Roadtrip Südinsel und Christchurch

Idyllische Strände, raue Klippen, Gebirgszüge, Seen und eine starke Stadt

Die Südinsel Neuseelands hat einiges zu bieten.

Nachdem wir die neuseeländischen Alpen durchquert haben, kommt der erzwungene Zwischenstopp in Christchurch gerade recht. Erzwungen, weil selbst auf dem Schrottplatz – wie zuvor schon mal geklappt (siehe Fotos) – kein passendes Ersatzteil mehr für unseren Mietvan aufzutreiben ist. Wir müssen den Wagen bei der Autovermietung in Christchurch umtauschen. Eigentlich hatte nur der Zigarettenanzünder den Geist aufgegeben, der auf einem Roadtrip für die Stromversorgung eine tragende Rolle einnimmt; aber wie sich herausstellen sollte, ist es Glück im Unglück: Der Mechaniker stellt fest, der Kühler ist defekt und der Wagen wäre uns in den nächsten Tagen um die Ohren geflogen.

Der große Städtetest, Teil III: Christchurch. Eine Stadt hart im Nehmen.

In Christchurch nun das Finale der Reihe, welches die beste Stadt im Land ist. Christchurch ist die zentrale Stadt auf Neuseelands Südinsel und mit rund 350.000 Einwohnern die zweitgrößte Stadt. Sie liegt an der Ostküste der Insel. Mit einem internationalen Flughafen ist Ankunftsort für alle, die direkt auf die Südinsel wollen.

Mit einer beständigen Meeresbrise aus Nordost bleibt es meist kühl – selbst in den Sommermonaten klettert das Thermometer selten über 23° C. Im Juni, dem dortigen Winter, kann es auch mal schneien. Dementsprechend bleibt der Himmel über Christchurch oft grau, was der Stadt, neben ihrer tragischen Geschichte der letzten Jahre, eine leicht dramatische Atmosphäre verleiht.

Die Stadt wurde 2010 und 2011 von schweren Erdbeben gebeutelt, die sogenannten Canterbury Earthquakes. 185 Menschenleben waren zu beklagen und 100.000 Häuser mussten abgerissen oder repariert werden. 70.000 Menschen verließen die Stadt nach den Erdbeben. Man spürt, dass so eine Katastrophe eine Stadt im Innersten verwundet. Aber die Bewohner konzentrieren sich auch die Gegenwart; hoffnungsvoll, aber in noch andauernder Trauer.
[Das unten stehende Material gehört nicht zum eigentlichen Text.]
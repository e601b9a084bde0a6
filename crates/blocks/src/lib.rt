// Blocks (FORMAT: Blocks): what stands where one is due, and the walks over them up to the terminal block.
#![tactic(auto)]

ghost use Rattle.std.specs.Prelude.{◌≡◌, true, ◌+◌, ◌≤◌, length, IfSome, SomeIff};
ghost use Rattle.format.specs.Tests.{spot_at};
ghost use Rattle.format.specs.Blocks.{slot_of, size_fits, path_tests, inside_tests};
ghost use Rattle.format.specs.Shortcut.{most};
ghost use Rattle.format.specs.Steps.Answers.{refusal};
ghost use Rattle.format.specs.Steps.Wrong.{wrong, held_fault};
ghost use Rattle.blocks.specs.Steps.Walk.{by_size, Stands, no_firsts, field_of, is_free, noted, Passed, NoMore, blocks_at, blocks_firsts, read_to, step_site, wrong_block, block_from, nth_block};

use format::{Fault, Place, Refusal};
use octets::Cursor;

// A block of so many bytes, with the slot of its signature.
#[derive(Clone, Copy)]
pub struct Block {
    pub len: usize,
    pub slot: usize,
}

// ---- one block

// The table's slots: 11 for a signature that it does not have, as in the definition.
#[tactic(auto, unfolding(format::specs::Blocks::slot_of))]
fn slot_of(signature: u32) -> usize
    ensures { result ≡ slot_of signature }
{
    match signature {
        0xA000_0001 => 0,
        0xA000_0002 => 1,
        0xA000_0003 => 2,
        0xA000_0004 => 3,
        0xA000_0005 => 4,
        0xA000_0006 => 5,
        0xA000_0007 => 6,
        0xA000_0008 => 7,
        0xA000_0009 => 8,
        0xA000_000B => 9,
        0xA000_000C => 10,
        _ => 11,
    }
}

// The table's sizes.
#[tactic(auto, unfolding(format::specs::Blocks::size_fits))]
fn size_ok(slot: usize, n: usize) -> bool
    ensures { result ≡ size_fits slot n }
{
    match slot {
        0 => n == 0x314,
        1 => n == 0xCC,
        2 => n == 0x60,
        3 => n == 0x0C,
        4 => n == 0x10,
        5 => n == 0x314,
        6 => n == 0x314,
        7 => 0x88 <= n,
        8 => 0x0C <= n,
        9 => n == 0x1C,
        10 => 0x0A <= n,
        _ => true,
    }
}

// The first text that does not end in its room: 260 bytes from 8 on, and as many units from 268 on.
fn path_wrong(b: &[u8]) -> Option<usize>
    requires { 0x314 ≤ length b.now }
    ensures is { result ≡ wrong (path_tests b.now) }
    ensures inside { IfSome result (λ i. i ≤ length b.now) }
{
    if !octets::has_zero(false, &b[8..268]) {
        return Some(8);
    }
    if !octets::has_zero(true, &b[268..788]) {
        return Some(268);
    }
    None
}

// The first field found wrong of what the block holds: two texts, or from byte 8 on a store or items. Most have no rule for
// it, and in the walk cost no call, hence the hint.
#[tactic(auto, using(crate::proofs::InsideLaws::holding), unfolding(format::specs::Blocks::slot_of, format::specs::Blocks::size_fits, format::specs::Blocks::inside_tests))]
#[inline(always)]
fn inside_wrong(slot: usize, b: &[u8]) -> Option<usize>
    requires { size_fits slot (length b.now) ≡ true }
    ensures is { result ≡ wrong (inside_tests slot b.now) }
    ensures inside { IfSome result (λ i. i ≤ length b.now) }
{
    match slot {
        0 | 5 | 6 => path_wrong(b),
        8 => storages::store_wrong(&b[8..], 8),
        10 => items::items_wrong(&b[8..], 8),
        _ => None,
    }
}

// Its fault: a store has its own.
#[tactic(auto, unfolding(format::specs::Steps::Wrong::held_fault, format::specs::Blocks::slot_of))]
fn held_fault(slot: usize) -> Fault
    ensures { result ≡ held_fault slot }
{
    if slot == 8 {
        return Fault::Store;
    }
    Fault::Block
}

// ---- the step

// What stands at the start of the rest, by its sizes: a block, or none but the terminal. What a block holds is not looked at.
#[tactic(auto, unfolding(crate::specs::Steps::Walk::by_size))]
#[inline(always)]
pub fn step(rest: &[u8]) -> Result<Option<Block>, Fault>
    ensures { result ≡ by_size rest.now }
{
    let left = rest.len();
    if left < 4 {
        return Err(Fault::Cut);
    }
    let len = octets::u32_at(rest, 0) as usize;
    if len < 8 {
        if len < 4 {
            return Ok(None);
        }
        return Err(Fault::Block);
    }
    if left < len {
        return Err(Fault::Cut);
    }
    let slot = slot_of(octets::u32_at(rest, 4));
    if !size_ok(slot, len) {
        return Err(Fault::Block);
    }
    Ok(Some(Block { len, slot }))
}

// The same, and a block is one only if what it holds is right.
#[tactic(auto, using(crate::proofs::StepLaws::judging))]
fn judged(rest: &[u8]) -> Result<Option<Block>, Fault>
    ensures { Stands rest.now result }
{
    let Some(b) = step(rest)? else {
        return Ok(None);
    };
    match inside_wrong(b.slot, &rest[..b.len]) {
        None => Ok(Some(b)),
        Some(_) => Err(held_fault(b.slot)),
    }
}

// ---- the walks

// Where the signature of the block at p stands, which is never 0; no shortcut reaches what is too far for the number.
fn field_of(p: usize) -> u32
    ensures { result ≡ field_of p }
{
    if p < 65536 { (p + 4) as u32 } else { 65540 }
}

// The block at p takes its slot, unless a block before it has done so; of signatures that are not known none is noted.
#[tactic(auto, unfolding(crate::specs::Steps::Walk::is_free, crate::specs::Steps::Walk::noted, crate::specs::Steps::Walk::taken))]
fn note(firsts: &mut [u32; 11], slot: usize, p: usize) -> bool
    ensures free { result ≡ is_free firsts.old slot }
    ensures row { firsts.new ≡ noted firsts.old slot (field_of p) }
{
    if 11 <= slot {
        return true;
    }
    if firsts[slot] != 0 {
        return false;
    }
    firsts[slot] = field_of(p);
    true
}

// Past all blocks from `start` on, up to what is no block or the second of its kind. It notes the first of each kind.
#[tactic(auto, using(crate::proofs::WalkLaws::walking))]
pub fn run(s: &[u8], start: usize, firsts: &mut [u32; 11]) -> usize
    requires { (start ≤ length s.now) × (firsts.old ≡ no_firsts) }
    ensures passed { Passed s.now start result firsts.new }
    ensures ended { NoMore s.now result firsts.new }
{
    let mut p = start;
    let mut rest = &s[start..];
    // No index is counted: the step is the size that stands there.
    while let Ok(Some(b)) = judged(rest)
        && note(firsts, b.slot, p)
    {
        p += b.len;
        rest = &rest[b.len..];
    }
    p
}

// The blocks from `start` to p, with the terminal block there.
fn read_to(start: usize, p: usize) -> Result<(Place, Cursor), Refusal>
    requires { (start ≤ p) × (p ≤ most) }
    ensures { result ≡ read_to start p }
{
    let body = Place {
        at: start,
        len: p - start,
    };
    Ok((body, Cursor { at: p + 4 }))
}

// After a refusal nothing is noted.
fn stopped(r: Refusal, firsts: &mut [u32; 11]) -> Result<(Place, Cursor), Refusal>
    ensures value { result ≡ Err r }
    ensures row { firsts.new ≡ no_firsts }
{
    *firsts = [0u32; 11];
    Err(r)
}

// Of what is due at p, with so many bytes left, the size is wrong: a block's, or the terminal's where no size is left.
fn size_wrong(fault: Fault, p: usize, left: usize) -> Refusal
    ensures { result ≡ refusal fault (spot_at (step_site p left) 0) }
{
    let section = if left < 4 { 9 } else { 8 };
    Refusal::at(fault, section, p, 0)
}

// A block whose sizes are right is refused for what it holds, or else as the second of its kind.
#[tactic(auto, unfolding(crate::specs::Steps::Walk::wrong_block))]
fn wrong_block(slot: usize, b: &[u8], p: usize) -> Refusal
    requires { (size_fits slot (length b.now) ≡ true) × (p + length b.now ≤ most) }
    ensures { result ≡ wrong_block slot b.now p }
{
    match inside_wrong(slot, b) {
        Some(field) => Refusal::at(held_fault(slot), 8, p, field),
        None => Refusal::at(Fault::Twice, 8, p, 4),
    }
}

// The blocks up to the terminal as a single body, with the cursor after it; or the fault and where it stands.
// The row gets for each slot where its signature first stands; 0 where it does not, and after a refusal. No signature stands at 0, and the definition `firsts` has it.
#[tactic(auto, using(crate::proofs::WalkLaws::ending))]
#[inline(always)]
pub fn blocks(s: &[u8], c: Cursor, firsts: &mut [u32; 11]) -> Result<(Place, Cursor), Refusal>
    requires small { length s.now ≤ most }
    requires row { firsts.old ≡ no_firsts }
    ensures answer { result ≡ blocks_at s.now c.at }
    ensures row { firsts.new ≡ blocks_firsts s.now c.at }
{
    let start = c.at;
    if s.len() < start {
        return stopped(size_wrong(Fault::Cut, start, 0), firsts);
    }
    let p = run(s, start, firsts);
    let rest = &s[p..];
    match step(rest) {
        Ok(None) => read_to(start, p),
        Ok(Some(b)) => stopped(wrong_block(b.slot, &rest[..b.len], p), firsts),
        Err(f) => stopped(size_wrong(f, p, rest.len()), firsts),
    }
}

// The block whose signature stands there; none for 0.
#[tactic(auto, unfolding(crate::specs::Steps::Walk::block_from))]
pub fn block_from(s: &[u8], field: u32) -> Option<Place>
    requires { field ≤ length s.now }
    ensures { SomeIff result (4 ≤ field) (block_from s.now field) }
{
    let at = (field as usize).checked_sub(4)?;
    Some(Place {
        at,
        len: octets::u32_at(s, at) as usize,
    })
}

// Where block number k stands, of those that start at `from`.
#[tactic(auto, using(crate::proofs::NthLaws::finding))]
pub fn nth_block(s: &[u8], from: usize, k: usize) -> Option<Place>
    ensures { result ≡ nth_block s.now from k }
{
    let mut at = from;
    let mut rest = s.get(from..)?;
    for _ in 0..k {
        let b = step(rest).ok()??;
        at += b.len;
        rest = &rest[b.len..];
    }
    let last = step(rest).ok()??;
    Some(Place { at, len: last.len })
}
Insgesamt wird gute Aufarbeitungsarbeit zum Thema geleistet. Es gibt interessante Ausstellungen, wie zum Beispiel Quake City im Canterbury Museum. Um schnell wieder Leben in sie Stadt zu bringen, wurden kurzfristig einige temporäre Institutionen aus dem Boden gestampft, wie die Re:Start Mall aus Schiffscontainern und die sogenannte Cardboard Cathedral. Das imposante Bauwerk wurde pro bono vom berühmten Architekten Shigeru Ban aus Japan designed. Auch wenn von Pappe auf den ersten Blick nicht allzu viel zu sehen ist, ist der Bau das Wahrzeichen für den Kämpfergeist Christchurchs. Direkt gegenüber steht die Installation 185 Empty White Chairs, das inoffizielle Erdbebendenkmal. Leere Stühle erinnern an die 185 Erdbebenopfer, laden zur Interaktion und Erinnerung ein. Nachdem vor Kurzem der Gewinner der Ausschreibung für das offizielle nationale Denkmal bekannt gegeben wurde, ist unklar, was mit den Stühlen passieren wird. 2017 soll die offizielle Memorial Wall fertiggestellt werden, die gerade in den Bau gegangen ist.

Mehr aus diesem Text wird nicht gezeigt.